Since we detected significantly elevated serum S100A12 levels in children with newly diagnosed sJIA, cSLE, and different fever syndromes, but not in the control group, this may point to intense neutrophil activation, which may play an important role in chronic inflammation in these diseases. Considering that neutrophils are key cells in innate immunity, this finding is an indirect indicator that innate immune disorders are involved in the pathogenesis not only of sJIA, but also of cSLE. Nevertheless, because neutrophils secrete cytokines that can activate the cells of the adaptive immune system, they also form an important link between innate and adaptive immunity. In this way, the paradigm of rheumatic diseases being divided into autoimmune and autoinflammatory changes, and these diseases should be viewed as part of a continuum of disorders of immune regulation, where one or the other pattern overlap to varying degrees. In other words, cSLE can be seen as a disorder of immune regulation in which the autoimmune component is predominantly present, as opposed to sJIA in which the autoinflammatory component is predominantly present.

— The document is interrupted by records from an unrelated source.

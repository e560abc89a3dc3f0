//! Each packet at an end in each state, by the rules of what a process does with it.

use charlotte_calls::{EndId, Ends, Items, LinkId, NoMemory, Side};
use end_protocol::{Accept, Binding, Connect, Heard, Kept};
use lynx_packets::{RtPacket, RtValue, decode};
use lynx_tree::TypeName;
use std::alloc::Global;
use std::rt::HostRuntime;
use std::test::Fail;

/// How an end came to be as it is when the packet comes.
#[derive(Clone, Copy)]
enum State {
    /// The process has just got it.
    Fresh,
    /// A thread accepts `o`.
    Accepts,
    /// An entry that serves `o` is bound.
    Bound,
    /// A thread connects `o`, and its request is sent.
    Asks,
    /// The same, and the request was forbidden.
    Barred,
    /// A request without ends was accepted, and is owed a reply.
    Owes,
    /// A request is in part.
    InPart,
    /// A reply is in part.
    Returning,
    Dead,
}

/// The operation `o`.
const O: &[u8] = b"o(link,link):(link,link)";

/// Packets, and how many ends come with them in version 1. Version 2 has the first seven.
const PACKETS: &[(&[u8], usize)] = &[
    (b"\x01\0\0\0\x01\x18o(link,link):(link,link)\x05\x05", 1),
    (b"\x01\0\0\0\x01\x06p():()", 0),
    (b"\x02\0\0\0\x01\0\x05\x05", 1),
    (b"\x02\0\0\0\x01\x01", 0),
    (b"\x03\0\0\0\x01", 1),
    (b"\x04\0\0\0\x01", 1),
    (b"\x05\0\0\0\x01", 0),
    (b"\x06\0\0\0\x01", 0),
    (b"\x07\x01\0\0\0\x01\x02", 1),
    (b"\x07\x02\0\0\0\x01\x02", 1),
];

/// A version, a state, and for each packet what comes of it: nothing for a thread (-), it is accepted (A), it is returned (R), it is too late (T), it
/// can't be read (U); and the packets that are queued then: request, retry, forbid, allow, goahead, enc (q, t, f, a, g, e).
type Row = (u8, State, &'static str);

const ROWS: &[Row] = &[
    (1, State::Fresh, " -t -t U U U U U U U U"),
    (1, State::Accepts, " -g -f U U U U U U U U"),
    (1, State::Bound, " -g -f U U U U U U U U"),
    (1, State::Asks, " -f -f - R -q - U -e U U"),
    (1, State::Barred, " -f -f U U U U -q U U U"),
    (1, State::Owes, " U U U U U U U U U U"),
    (1, State::InPart, " U U U U U U U U A U"),
    (1, State::Returning, " -f -f U U -q - U -e U R"),
    (1, State::Dead, " -t -t T T T T T T T T"),
    (2, State::Fresh, " -t -t U U U U U"),
    (2, State::Accepts, " A -f U U U U U"),
    (2, State::Bound, " A -f U U U U U"),
    (2, State::Asks, " -f -f R R -q - U"),
    (2, State::Barred, " -f -f U U U U -q"),
    (2, State::Owes, " U U U U U U U"),
    (2, State::Dead, " -t -t T T T T T"),
];

fn end(count: u32) -> EndId {
    EndId {
        link: LinkId { maker: 0, count },
        side: Side::A,
    }
}

/// So many ends come with a packet.
fn coming(version: u8, many: usize) -> Ends {
    let pair = [end(5), end(6)];
    let many = if version == 2 && many == 1 { 2 } else { many };
    match Ends::from_slice(&pair[..many.min(2)]) {
        Some(ends) => ends,
        None => unreachable!(),
    }
}

fn connect(alloc: Global) -> Result<Connect, NoMemory> {
    Ok(Connect {
        thread: 0,
        number: 0,
        signature: Items::of(Vec::from_slice(alloc, O)?),
        values: Items::of(vec![in alloc; RtValue::Link, RtValue::Link]?),
        results: Items::of(Vec::from_slice(alloc, &[TypeName::Link, TypeName::Link])?),
        ends: Items::of(Vec::from_slice(alloc, &[end(1), end(2)])?),
    })
}

fn signature(alloc: Global, text: &[u8]) -> Result<Items<u8>, NoMemory> {
    Ok(Items::of(Vec::from_slice(alloc, text)?))
}

fn accept(kept: &mut Kept, alloc: Global, text: &[u8]) -> Result<(), NoMemory> {
    let signature = signature(alloc, text)?;
    kept.accept(Accept {
        thread: 3,
        signature,
    })
}

fn bind(kept: &mut Kept, alloc: Global) -> Result<(), NoMemory> {
    let signature = signature(alloc, O)?;
    kept.bind(Binding {
        entry: 7,
        signature,
    })
}

/// A connect, whose request is sent.
fn ask(kept: &mut Kept, alloc: Global, version: u8) -> Result<(), NoMemory> {
    let connect = connect(alloc)?;
    kept.connect(alloc, version, connect)?;
    kept.sent();
    Ok(())
}

/// What comes of the packet of this number.
fn hear(kept: &mut Kept, alloc: Global, version: u8, at: usize) -> Result<char, NoMemory> {
    let (bytes, many) = match PACKETS.get(at) {
        Some((bytes, many)) => (*bytes, *many),
        None => return Ok('?'),
    };
    if version == 0 || version > 2 || bytes.len() > 300 {
        return Ok('?');
    }
    let Ok(packet) = decode(alloc, version, bytes) else {
        return Ok('?');
    };
    let heard = kept.hear(alloc, version, true, packet, coming(version, many))?;
    Ok(match heard {
        Heard::Nothing => '-',
        Heard::Accepted(_) => 'A',
        Heard::Returned(_, _) => 'R',
        Heard::TooLate(_) => 'T',
        Heard::Unreadable(_) => 'U',
    })
}

fn prepare(kept: &mut Kept, alloc: Global, version: u8, state: State) -> Result<(), NoMemory> {
    match state {
        State::Fresh => {}
        State::Accepts => accept(kept, alloc, O)?,
        State::Bound => bind(kept, alloc)?,
        State::Asks => ask(kept, alloc, version)?,
        State::Barred => {
            ask(kept, alloc, version)?;
            hear(kept, alloc, version, 5)?;
        }
        State::Owes => {
            accept(kept, alloc, b"p():()")?;
            hear(kept, alloc, version, 1)?;
        }
        State::InPart => {
            accept(kept, alloc, O)?;
            hear(kept, alloc, version, 0)?;
            kept.sent();
        }
        State::Returning => {
            ask(kept, alloc, version)?;
            hear(kept, alloc, version, 2)?;
        }
        State::Dead => {
            let _ = kept.die(alloc);
        }
    }
    Ok(())
}

fn kind(packet: &RtPacket) -> &'static str {
    match packet {
        RtPacket::Request { .. } => "q",
        RtPacket::Reply { .. } => "r",
        RtPacket::Retry(_) => "t",
        RtPacket::Forbid(_) => "f",
        RtPacket::Allow(_) => "a",
        RtPacket::GoAhead(_) => "g",
        RtPacket::Enc { .. } => "e",
    }
}

/// What is queued.
fn push_queue(text: &mut String, kept: &mut Kept) -> Result<(), NoMemory> {
    for _ in 0..3 {
        if let Some(message) = kept.queue.take() {
            text.push_str(kind(&message.packet))?;
        }
    }
    Ok(())
}

/// What comes of the packet at an end in this state.
fn push_word(
    text: &mut String,
    alloc: Global,
    version: u8,
    state: State,
    at: usize,
) -> Result<(), NoMemory> {
    let mut kept = Kept::new(alloc);
    prepare(&mut kept, alloc, version, state)?;
    let mark = hear(&mut kept, alloc, version, at)?;
    text.push_str(" ")?;
    text.push(mark)?;
    push_queue(text, &mut kept)
}

#[test]
fn each_packet_at_each_state(rt: HostRuntime) -> Result<(), Fail> {
    let alloc = rt.alloc();
    for (version, state, want) in ROWS {
        let mut text = String::new(alloc);
        let packets = if *version == 1 { 10 } else { 7 };
        for at in 0..packets {
            push_word(&mut text, alloc, *version, *state, at)?;
        }
        if text.as_str() != *want {
            return Err(text.as_str().into());
        }
    }
    Ok(())
}
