ghost use Rattle.std.specs.Prelude.{◌≡◌, ◌&&◌, not, [], Some, None};
ghost use Rattle.charlotte_calls.specs.declared.names.EndId.{EndId};
ghost use Rattle.end_table.specs.Table.{entries};
ghost use Rattle.end_table.specs.declared.entry.Entry.{Entry};
ghost use Rattle.end_table.specs.declared.entry.Entry.TheVariants.{Here};
ghost use Rattle.kernel_event.specs.Places.{ArePlaced};
ghost use Rattle.kernel_step.specs.Actions.{is_withdrawing};
ghost use Rattle.kernel_step.specs.Progress.{progress, HasRoom, AddsAtMost, StaysWithin};
ghost use Rattle.kernel_step.specs.Room.{one_step, room_of_back, room_of_stray_back};
ghost use Rattle.kernel_step.specs.Rows.{awaits, back_row, means_back};

use crate::carried::{arriving, is_here, passing};
use crate::death::notice_first;
use crate::order::put_behind;
use charlotte_calls::{EndId, ServiceStep};
use charlotte_packets::{Cargo, Work};
use end_table::{HereView, Outward, Table};
use kernel_step::{is_withdrawing, push_step, sender};
use move_core::give_back;

/// The message of a packet back, without its values, and the kernel that sent the packet.
#[derive(Clone, Copy)]
pub(crate) struct Returned {
    pub(crate) from: u8,
    pub(crate) to: EndId,
    pub(crate) n: u32,
}

/// The rule of back: at its matched send the message is reported as destroyed, and its ends are the sender's again. Anywhere
/// else its ends are destroyed. The values are taken out of the packet.
#[inline(never)]
pub(crate) fn back(
    table: &mut Table,
    made: u32,
    returned: Returned,
    moving: &mut Cargo,
    out: &mut Work,
)
    requires placed { ArePlaced table.old moving.old }
    requires first { out.old.packets.items ≡ [] }
    requires room { HasRoom room_of_back out.old }
    ensures part { progress (entries table.new) out.new
        ≡ back_row table.old.kernel made returned.from returned.to returned.n moving.old (awaits returned.n (entries table.old returned.to)) (progress (entries table.old) out.old) }
    ensures within { StaysWithin room_of_back table.old table.new out.old out.new }
{
    match sender(table, returned.to, returned.n) {
        Some(_) => {
            let view = table.view(returned.to);
            take_back(table, made, returned, view, moving, out)
        }
        None => end_brought(table, made, returned, moving, out),
    }
}

/// The ends of a message that comes back where its send is not matched are destroyed.
fn end_brought(table: &mut Table, made: u32, returned: Returned, moving: &mut Cargo, out: &mut Work)
    requires unmatched { awaits returned.n (entries table.old returned.to) ≡ None }
    requires placed { ArePlaced table.old moving.old }
    requires room { HasRoom room_of_stray_back out.old }
    ensures part { progress (entries table.new) out.new
        ≡ back_row table.old.kernel made returned.from returned.to returned.n moving.old None (progress (entries table.old) out.old) }
    ensures within { StaysWithin room_of_stray_back table.old table.new out.old out.new }
{
    let Returned { to, n, .. } = returned;
    let here = is_here(table, to);
    let passed = passing(table, made, moving);
    mean_back(out, to, n, here, &passed);
    give_back(table, to, n, passed, out);
}

/// What it means that a message comes back where its send is not matched: nothing where the end is here and no value came.
fn mean_back(out: &mut Work, to: EndId, n: u32, here: bool, passed: &Cargo)
    requires { HasRoom one_step out.old }
    ensures part { (t : EndId → Entry) → progress t out.new ≡ means_back to n here passed.now (progress t out.old) }
    ensures room { AddsAtMost one_step out.old out.new }
{
    if here && passed.len() == 0 {
        return;
    }
    push_step(
        out,
        ServiceStep::Back {
            on: to,
            n,
            dead: false,
        },
    );
}

/// Whether the death that is noticed answers a Cancel.
fn answers_cancel(view: &HereView) -> bool
    ensures { result ≡ (not view.now.value.dead && is_withdrawing view.now.inward) }
{
    !view.value.dead && is_withdrawing(view.inward)
}

/// The matched send of an end that is here comes back: its death is noticed too, unless it was before.
fn take_back(
    table: &mut Table,
    made: u32,
    returned: Returned,
    mut view: HereView,
    moving: &mut Cargo,
    out: &mut Work,
)
    requires matched { awaits returned.n (entries table.old returned.to) ≡ Some view }
    requires here { entries table.old view.value.end ≡ Here view }
    requires placed { ArePlaced table.old moving.old }
    requires first { out.old.packets.items ≡ [] }
    requires room { HasRoom room_of_back out.old }
    ensures part { progress (entries table.new) out.new
        ≡ back_row table.old.kernel made returned.from returned.to returned.n moving.old (Some view) (progress (entries table.old) out.old) }
    ensures within { StaysWithin room_of_back table.old table.new out.old out.new }
{
    let Returned { from, to, n } = returned;
    let dead = answers_cancel(&view);
    push_step(out, ServiceStep::Back { on: to, n, dead });
    let came = arriving(table, made, moving);
    give_back(table, to, n, came, out);
    let moves = out.packets.len();
    view.outward = Outward::Unreported;
    notice_first(table, from, view, out);
    let sent = out.packets.len();
    put_behind(out, moves, sent);
}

In summary, this research demonstrated elevated serum levels of S100A12 protein in children with newly diagnosed sJIA, cSLE, and different fever syndromes in the absence of infection with high inflammatory markers, but not in controls. Therefore, this protein may be used as a marker of inflammation in these diseases as well as a discriminative marker and indirect indicator of neutrophil activation and the role of an innate immunity disorder in their pathogenesis.

The contribution of neutrophils to the pathogenesis of rheumatic diseases is still insufficiently understood, but it arouses growing interest and further research is needed to elucidate their involvement with the aim of better diagnosis and development of new therapeutic modalities.